Ideally, you need to be assessed before submitting EOI. As what if what you put in EOI is contrary to what you were assessed with? You'll have to withdraw your application or otherwise get rejected because your EOI information does not correspond with documentation at hand. 

I'm not sure what you mean by getting ACS and vetas. Maybe someone else can advise you on that. But generally, it is your skills that are assessed and your education background - if and whether it is relevant to your chosen profession 

Also, EOI just collects a pool of applicants based on points 60, 65, 70, etc. And invited are sent based on visa date of effect as seen in the reports published. So DIAC does not do any evaluation until you've paid and accepted the invitation and only then will the evaluation begin ultimately resulting to a grant.

ACS-dec19, pending.


----------



## espresso (Nov 2, 2012)

Hi aravind m, 

1.) You must have a positive skills assessment and English test result *before* you lodge the EOI. DIBP will check the dates because the EOIs - for a 189 visa - are ranked by 1.) points and 2.) _date of effect_ (= submission date or date of last change that affected your points). If you submit an EOI with a "predicted" assessment result you effectively jump the queue. 

B+C) You don't have to submit any evidence with the EOI, just the facts. But you need to back up your claims with evidence once you apply for the visa. 

2.) You can claim points for education unrelated to your nominated occupation. You need to get VETASSESS Points Test Advice on the AQF equivalence of your degree, though. 
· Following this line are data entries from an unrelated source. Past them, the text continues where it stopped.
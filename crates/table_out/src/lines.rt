ghost use Rattle.std.specs.Prelude.{◌≡◌, ◌<◌, ◌++◌, OnOk, length, map, replicate, zip, codes, if◌then◌else◌};
ghost use Rattle.std.specs.String.{string_bytes};
ghost use Rattle.answer_text.specs.Txt.{line_of, padded, printed, dashes};

use crate::printed::{Print, Scratch};
use answer_text::width;
use std::alloc::AllocError;

/// Writes the items as a line, each in its column.
pub fn push_line<T: Print>(
    out: &mut String,
    widths: &[usize],
    items: &[T],
    scratch: &mut Scratch,
) -> Result<(), AllocError>
    requires { length items.now ≡ length widths.now }
    ensures { OnOk result (string_bytes out.new ≡ string_bytes out.old ++ (line_of (zip widths.now (map (λ item. printed (T.text item)) items.now)) ++ codes "\n")) }
{
    push_items(out, widths, items, scratch)?;
    out.push_str("\n")
}

fn push_items<T: Print>(
    out: &mut String,
    widths: &[usize],
    items: &[T],
    scratch: &mut Scratch,
) -> Result<(), AllocError>
    requires { length items.now ≡ length widths.now }
    ensures { OnOk result (string_bytes out.new ≡ string_bytes out.old ++ line_of (zip widths.now (map (λ item. printed (T.text item)) items.now))) }
{
    for (place, item) in items.iter().enumerate() {
        let text = scratch.print(item)?;
        push_text(out, widths[place], text, place + 1 == items.len())?;
    }
    Ok(())
}

fn push_text(out: &mut String, wide: usize, text: &str, is_last: bool) -> Result<(), AllocError>
    ensures { OnOk result (string_bytes out.new ≡ string_bytes out.old ++ (if is_last then text.now else padded wide text.now ++ codes " | ")) }
{
    if is_last {
        return out.push_str(text);
    }
    push_padded(out, wide, text)?;
    out.push_str(" | ")
}

fn push_padded(out: &mut String, wide: usize, text: &str) -> Result<(), AllocError>
    ensures { OnOk result (string_bytes out.new ≡ string_bytes out.old ++ padded wide text.now) }
{
    out.push_str(text)?;
    push_repeated(out, ' ', wide.saturating_sub(width(text)))
}

pub fn push_dashes(out: &mut String, widths: &[usize]) -> Result<(), AllocError>
    ensures { OnOk result (string_bytes out.new ≡ string_bytes out.old ++ (dashes widths.now ++ codes "\n")) }
{
    push_joined(out, widths)?;
    out.push_str("\n")
}

fn push_joined(out: &mut String, widths: &[usize]) -> Result<(), AllocError>
    ensures { OnOk result (string_bytes out.new ≡ string_bytes out.old ++ dashes widths.now) }
{
    match widths {
        [] => Ok(()),
        [first, rest @ ..] => {
            push_repeated(out, '-', *first)?;
            for wide in rest {
                out.push_str("-+-")?;
                push_repeated(out, '-', *wide)?;
            }
            Ok(())
        }
    }
}

fn push_repeated(out: &mut String, character: char, count: usize) -> Result<(), AllocError>
    requires { character < 128 }
    ensures { OnOk result (string_bytes out.new ≡ string_bytes out.old ++ replicate count character) }
{
    for _ in 0..count {
        out.push(character)?;
    }
    Ok(())
}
3.) You can submit an EOI if you don't claim points for your non-ICT degree (because it has not been assessed yet). You can update once you have the result but it will change your _date of effect_.

4.) Your CO can reject your application if you claim points for things (IELTS, skills assessment, education) that have not been completed at the time of EOI submission.


----------



## jaideepf1407 (Jan 7, 2014)

espresso said:


> Hi aravind m, 1.) You must have a positive skills assessment and English test result before you lodge the EOI. DIBP will check the dates because the EOIs - for a 189 visa - are ranked by 1.) points and 2.) date of effect (= submission date or date of last change that affected your points). If you submit an EOI with a "predicted" assessment result you effectively jump the queue. B+C) You don't have to submit any evidence with the EOI, just the facts. But you need to back up your claims with evidence once you apply for the visa. 2.) You can claim points for education unrelated to your nominated occupation. You need to get VETASSESS Points Test Advice on the AQF equivalence of your degree, though. 3.) You can submit an EOI if you don't claim points for your non-ICT degree (because it has not been assessed yet). You can update once you have the result but it will change your date of effect. 4.) Your CO can reject your application if you claim points for things (IELTS, skills assessment, education) that have not been completed at the time of EOI submission.


Hi Espresso,
Am in the same boat .But in the EOI Educations History part ,When we fill out our study history,EOI automatically gives us points for our Non related degree.
Unlike the work Exp part where we can select "relevant" or " non relevant".
If we have a positive assessment and IELTS and points add up then EOI can be submitted even without Quals PTA.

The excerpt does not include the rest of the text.